5
Однако она ошибалась.
Спустя неделю, вечером, когда Карина, уютно устроившись в кресле, писала в нотах пальцы для Олечки, приспосабливая широкую шопеновскую фактуру к ее крохотной ручке, тишина за стеной вдруг взорвалась громкими голосами. Они быстро перешли на крик, да такой, что Карине пришлось отложить свои ноты.
Ссорящихся было двое: мужской голос будто бы что-то спрашивал с нарастающим раздражением, ему вторил высокий и жалобный то ли женский, то ли детский голосок, будто оправдываясь. Тонкий голос все набирал и набирал высоту. До уха Карины стали долетать некоторые слова.
«Не могу я, не могу», отчетливо расслышала она сквозь стену, и крик перешел в рыдание. Мужской голос что-то сердито забубнил на одной ноте, отчего рыдания усилились.
Карине стало неловко, будто она подслушивает чужую семейную сцену. Она вздохнула, сгребла в охапку Шопена и перешла в кухню. Ощущение неловкости потом долго не проходило, хотя и в сочетании с раздражением. В конце концов, ведь это она пострадавшая, это ей не дали доработать, выгнав из-за любимого стола, с привычного насиженного места.
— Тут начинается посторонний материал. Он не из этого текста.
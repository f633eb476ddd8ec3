//! Shifts by words, as a barrel: a choice for each low bit of the amount, and one for the others, which shift all bits out.
ghost use Rattle.std.specs.Prelude.{◌≡◌, ℕ, ◌+◌, ◌-◌, ◌*◌, ◌/◌, ◌^◌, ◌<◌, ◌≤◌, ◌++◌, Bool, length, take, drop, replicate, IfOk};
ghost use Rattle.word_spec.specs.Words.{shl, shr, sar};
ghost use Rattle.gates.specs.Circuits.{next, Holds, Within, variable_of, bit_value};
ghost use Rattle.word_gates.specs.Numbers.{number, turned, IsWord};

use crate::bitwise::{any, choice, masked};
use gates::{Bit, Circuit};
use std::alloc::{AllocError, Global};

/// How many low bits of an amount are below the width.
fn stages(width: usize) -> usize
    requires { width ≤ 64 }
    ensures enough { width ≤ 2 ^ result }
    ensures few { result ≤ 6 }
{
    match width {
        0..=1 => 0,
        2 => 1,
        3..=4 => 2,
        5..=8 => 3,
        9..=16 => 4,
        17..=32 => 5,
        _ => 6,
    }
}

/// The word moved down by a number of places.
fn moved_right(alloc: Global, a: &[Bit], places: usize, fill: Bit) -> Result<Vec<Bit>, AllocError>
    requires { places ≤ length a.now }
    ensures { IfOk result (λ w. w.items ≡ drop places a.now ++ replicate places fill) }
{
    let mut bits = a[places..].to_vec(alloc)?;
    bits.resize(a.len(), fill)?;
    Ok(bits)
}

/// The word moved up by a number of places.
fn moved_left(alloc: Global, a: &[Bit], places: usize, fill: Bit) -> Result<Vec<Bit>, AllocError>
    requires { places ≤ length a.now }
    ensures { IfOk result (λ w. w.items ≡ replicate places fill ++ take (length a.now - places) a.now) }
{
    let mut bits = Vec::new(alloc);
    bits.resize(places, fill)?;
    bits.extend_from_slice(&a[..a.len() - places])?;
    Ok(bits)
}

/// The word of one bit, over and over.
fn filled(alloc: Global, width: usize, fill: Bit) -> Result<Vec<Bit>, AllocError>
    ensures { IfOk result (λ w. w.items ≡ replicate width fill) }
{
    let mut bits = Vec::new(alloc);
    bits.resize(width, fill)?;
    Ok(bits)
}

/// The first word shifted to the right by the second, filled up with a bit.
fn filled_right(
    alloc: Global,
    circuit: &mut Circuit,
    a: &[Bit],
    s: &[Bit],
    fill: Bit,
) -> Result<Vec<Bit>, AllocError>
    requires small { length a.now ≤ 64 }
    requires a_within { Within (next circuit.old) a.now }
    requires s_within { Within (next circuit.old) s.now }
    requires fill_within { variable_of fill < next circuit.old }
    ensures made { IfOk result (λ w. IsWord circuit.old circuit.new (7 * length a.now + length s.now) (length a.now) w.items) }
    ensures value { IfOk result (λ w. (v : ℕ → Bool) → Holds v circuit.new →
        turned (length a.now) (bit_value v fill) (number v w.items) ≡ turned (length a.now) (bit_value v fill) (number v a.now) / 2 ^ number v s.now) }
{
    let stages = stages(a.len()).min(s.len());
    let mut word = a.to_vec(alloc)?;
    for j in 0..stages {
        let places = (1usize << j).min(a.len());
        let moved = moved_right(alloc, &word, places, fill)?;
        word = choice(alloc, circuit, s[j], &moved, &word)?;
    }
    let far = any(circuit, &s[stages..])?;
    let empty = filled(alloc, a.len(), fill)?;
    let word = choice(alloc, circuit, far, &empty, &word)?;
    Ok(word)
}

/// The first word shifted to the right by the second, filled up with zeros.
pub fn shift_right(
    alloc: Global,
    circuit: &mut Circuit,
    a: &[Bit],
    s: &[Bit],
) -> Result<Vec<Bit>, AllocError>
    requires small { length a.now ≤ 64 }
    requires a_within { Within (next circuit.old) a.now }
    requires s_within { Within (next circuit.old) s.now }
    ensures made { IfOk result (λ w. IsWord circuit.old circuit.new (7 * length a.now + length s.now) (length a.now) w.items) }
    ensures value { IfOk result (λ w. (v : ℕ → Bool) → Holds v circuit.new → number v w.items ≡ shr (length a.now) (number v a.now) (number v s.now)) }
{
    let zero = circuit.constant(false);
    let word = filled_right(alloc, circuit, a, s, zero)?;
    Ok(word)
}

/// The first word shifted to the right by the second, filled up with its sign.
pub fn shift_signed(
    alloc: Global,
    circuit: &mut Circuit,
    a: &[Bit],
    s: &[Bit],
) -> Result<Vec<Bit>, AllocError>
    requires some { 0 < length a.now }
    requires small { length a.now ≤ 64 }
    requires a_within { Within (next circuit.old) a.now }
    requires s_within { Within (next circuit.old) s.now }
    ensures made { IfOk result (λ w. IsWord circuit.old circuit.new (7 * length a.now + length s.now) (length a.now) w.items) }
    ensures value { IfOk result (λ w. (v : ℕ → Bool) → Holds v circuit.new → number v w.items ≡ sar (length a.now) (number v a.now) (number v s.now)) }
{
    let word = filled_right(alloc, circuit, a, s, a[a.len() - 1])?;
    Ok(word)
}

/// The first word shifted to the left by the second.
pub fn shift_left(
    alloc: Global,
    circuit: &mut Circuit,
    a: &[Bit],
    s: &[Bit],
) -> Result<Vec<Bit>, AllocError>
    requires small { length a.now ≤ 64 }
    requires a_within { Within (next circuit.old) a.now }
    requires s_within { Within (next circuit.old) s.now }
    ensures made { IfOk result (λ w. IsWord circuit.old circuit.new (7 * length a.now + length s.now) (length a.now) w.items) }
    ensures value { IfOk result (λ w. (v : ℕ → Bool) → Holds v circuit.new → number v w.items ≡ shl (length a.now) (number v a.now) (number v s.now)) }
{
    let zero = circuit.constant(false);
    let stages = stages(a.len()).min(s.len());
    let mut word = a.to_vec(alloc)?;
    for j in 0..stages {
        let places = (1usize << j).min(a.len());
        let moved = moved_left(alloc, &word, places, zero)?;
        word = choice(alloc, circuit, s[j], &moved, &word)?;
    }
    let far = any(circuit, &s[stages..])?;
    let word = masked(alloc, circuit, far.negation(), &word)?;
    Ok(word)
}
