//! Sums, differences, negatives and products.
ghost use Rattle.std.specs.Prelude.{◌≡◌, ℕ, ◌+◌, ◌*◌, ◌^◌, ◌<◌, Bool, cond, length, IfOk};
ghost use Rattle.word_spec.specs.Words.{add, sub, neg, mul, with_sign};
ghost use Rattle.gates.specs.Circuits.{next, Holds, Within, variable_of, bit_value};
ghost use Rattle.word_gates.specs.Numbers.{number, digit, IsWord};

use crate::bitwise::{choice, masked};
use crate::parts::{constant, not};
use gates::{Bit, Circuit};
use std::alloc::{AllocError, Global};

/// A sum, and what is carried out of it.
#[derive(Drop)]
pub struct CarriedSum {
    pub bits: Vec<Bit>,
    pub carry: Bit,
}

/// The sum of two words and a carry.
pub fn sum_with(
    alloc: Global,
    circuit: &mut Circuit,
    a: &[Bit],
    b: &[Bit],
    carry: Bit,
) -> Result<CarriedSum, AllocError>
    requires same { length a.now ≡ length b.now }
    requires a_within { Within (next circuit.old) a.now }
    requires b_within { Within (next circuit.old) b.now }
    requires carry_within { variable_of carry < next circuit.old }
    ensures made { IfOk result (λ s. IsWord circuit.old circuit.new (2 * length a.now) (length a.now) s.bits.items) }
    ensures carry_made { IfOk result (λ s. variable_of s.carry < next circuit.new) }
    ensures value { IfOk result (λ s. (v : ℕ → Bool) → Holds v circuit.new →
        number v s.bits.items + 2 ^ length a.now * digit v s.carry ≡ number v a.now + number v b.now + digit v carry) }
{
    let mut carry = carry;
    let mut bits = Vec::with_capacity(alloc, a.len())?;
    for i in 0..a.len() {
        let (x, y) = (a[i], b[i]);
        bits.push(circuit.parity(x, y, carry)?)?;
        carry = circuit.majority(x, y, carry)?;
    }
    Ok(CarriedSum { bits, carry })
}

/// The sum of two words.
pub fn sum(
    alloc: Global,
    circuit: &mut Circuit,
    a: &[Bit],
    b: &[Bit],
) -> Result<Vec<Bit>, AllocError>
    requires same { length a.now ≡ length b.now }
    requires a_within { Within (next circuit.old) a.now }
    requires b_within { Within (next circuit.old) b.now }
    ensures made { IfOk result (λ w. IsWord circuit.old circuit.new (2 * length a.now) (length a.now) w.items) }
    ensures value { IfOk result (λ w. (v : ℕ → Bool) → Holds v circuit.new → number v w.items ≡ add (length a.now) (number v a.now) (number v b.now)) }
{
    let zero = circuit.constant(false);
    let sum = sum_with(alloc, circuit, a, b, zero)?;
    Ok(sum.bits)
}

/// The first word less the second.
pub fn difference(
    alloc: Global,
    circuit: &mut Circuit,
    a: &[Bit],
    b: &[Bit],
) -> Result<Vec<Bit>, AllocError>
    requires same { length a.now ≡ length b.now }
    requires a_within { Within (next circuit.old) a.now }
    requires b_within { Within (next circuit.old) b.now }
    ensures made { IfOk result (λ w. IsWord circuit.old circuit.new (2 * length a.now) (length a.now) w.items) }
    ensures value { IfOk result (λ w. (v : ℕ → Bool) → Holds v circuit.new → number v w.items ≡ sub (length a.now) (number v a.now) (number v b.now)) }
{
    let one = circuit.constant(true);
    let turned = not(alloc, b)?;
    let sum = sum_with(alloc, circuit, a, &turned, one)?;
    Ok(sum.bits)
}

/// The word's negative.
pub fn negative(alloc: Global, circuit: &mut Circuit, a: &[Bit]) -> Result<Vec<Bit>, AllocError>
    requires { Within (next circuit.old) a.now }
    ensures made { IfOk result (λ w. IsWord circuit.old circuit.new (2 * length a.now) (length a.now) w.items) }
    ensures value { IfOk result (λ w. (v : ℕ → Bool) → Holds v circuit.new → number v w.items ≡ neg (length a.now) (number v a.now)) }
{
    let one = circuit.constant(true);
    let zeros = constant(alloc, circuit, a.len(), 0)?;
    let turned = not(alloc, a)?;
    let sum = sum_with(alloc, circuit, &zeros, &turned, one)?;
    Ok(sum.bits)
}

/// The word's negative where the condition is true, else the word.
pub fn negated_if(
    alloc: Global,
    circuit: &mut Circuit,
    minus: Bit,
    a: &[Bit],
) -> Result<Vec<Bit>, AllocError>
    requires minus_within { variable_of minus < next circuit.old }
    requires a_within { Within (next circuit.old) a.now }
    ensures made { IfOk result (λ w. IsWord circuit.old circuit.new (3 * length a.now) (length a.now) w.items) }
    ensures value { IfOk result (λ w. (v : ℕ → Bool) → Holds v circuit.new → number v w.items ≡ with_sign (length a.now) (bit_value v minus) (number v a.now)) }
{
    let opposite = negative(alloc, circuit, a)?;
    let word = choice(alloc, circuit, minus, &opposite, a)?;
    Ok(word)
}

/// Whether each bit of the word is a constant.
fn is_constant(circuit: &Circuit, a: &[Bit]) -> bool {
    let one = circuit.constant(true);
    let zero = circuit.constant(false);
    for bit in a {
        if *bit != one && *bit != zero {
            return false;
        }
    }
    true
}

/// The product of two words. A constant that is a factor gives a row for each of its bits that are 1, and no row for the others.
pub fn product(
    alloc: Global,
    circuit: &mut Circuit,
    a: &[Bit],
    b: &[Bit],
) -> Result<Vec<Bit>, AllocError>
    requires same { length a.now ≡ length b.now }
    requires a_within { Within (next circuit.old) a.now }
    requires b_within { Within (next circuit.old) b.now }
    ensures made { IfOk result (λ w. IsWord circuit.old circuit.new (3 * length a.now * length a.now) (length a.now) w.items) }
    ensures value { IfOk result (λ w. (v : ℕ → Bool) → Holds v circuit.new → number v w.items ≡ mul (length a.now) (number v a.now) (number v b.now)) }
{
    if is_constant(circuit, a) {
        let word = shifted_sums(alloc, circuit, b, a)?;
        return Ok(word);
    }
    let word = shifted_sums(alloc, circuit, a, b)?;
    Ok(word)
}

/// The product, as a sum of the first word shifted to each bit of the second. Bits that are done leave the sum, so that each row is a bit shorter.
fn shifted_sums(
    alloc: Global,
    circuit: &mut Circuit,
    a: &[Bit],
    b: &[Bit],
) -> Result<Vec<Bit>, AllocError>
    requires same { length a.now ≡ length b.now }
    requires a_within { Within (next circuit.old) a.now }
    requires b_within { Within (next circuit.old) b.now }
    ensures made { IfOk result (λ w. IsWord circuit.old circuit.new (3 * length a.now * length a.now) (length a.now) w.items) }
    ensures value { IfOk result (λ w. (v : ℕ → Bool) → Holds v circuit.new → number v w.items ≡ mul (length a.now) (number v a.now) (number v b.now)) }
{
    let n = a.len();
    let zero = circuit.constant(false);
    let mut low = Vec::with_capacity(alloc, n)?;
    let mut rest = constant(alloc, circuit, n, 0)?;
    for i in 0..n {
        let row = masked(alloc, circuit, b[i], &a[..n - i])?;
        let sum = sum_with(alloc, circuit, &rest, &row, zero)?;
        low.push(sum.bits[0])?;
        rest = sum.bits[1..].to_vec(alloc)?;
    }
    Ok(low)
}
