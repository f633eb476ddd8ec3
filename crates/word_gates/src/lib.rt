//! Words of bits, the lowest first, and the operators on them as circuits.
//!
//! Each function adds the gates of one operator to a circuit, and gives the bits of its result. What it gives is told by the operator of the definitions, under
//! every valuation that the gates allow; and at most so many gates are added as the operator's weight is.
#![tactic(auto)]

pub mod arithmetic;
pub mod bitwise;
pub mod compare;
pub mod division;
pub mod parts;
pub mod shift;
Совсем поздно, закончив работу, Карина зашла в большую комнату. За стеной царила мертвая тишина, оттуда не доносилось ни звука. Тихо было и на следующий вечер, и за ним.
А через неделю все повторилось. Теперь Карина смотрела «Поле чудес» и, едва услышав знакомые голоса за стеной, щелкнула пультом и ушла в спальню. Там у нее стоял маленький телевизор. Глупо было надеяться, что такие крики можно чем-то заглушить.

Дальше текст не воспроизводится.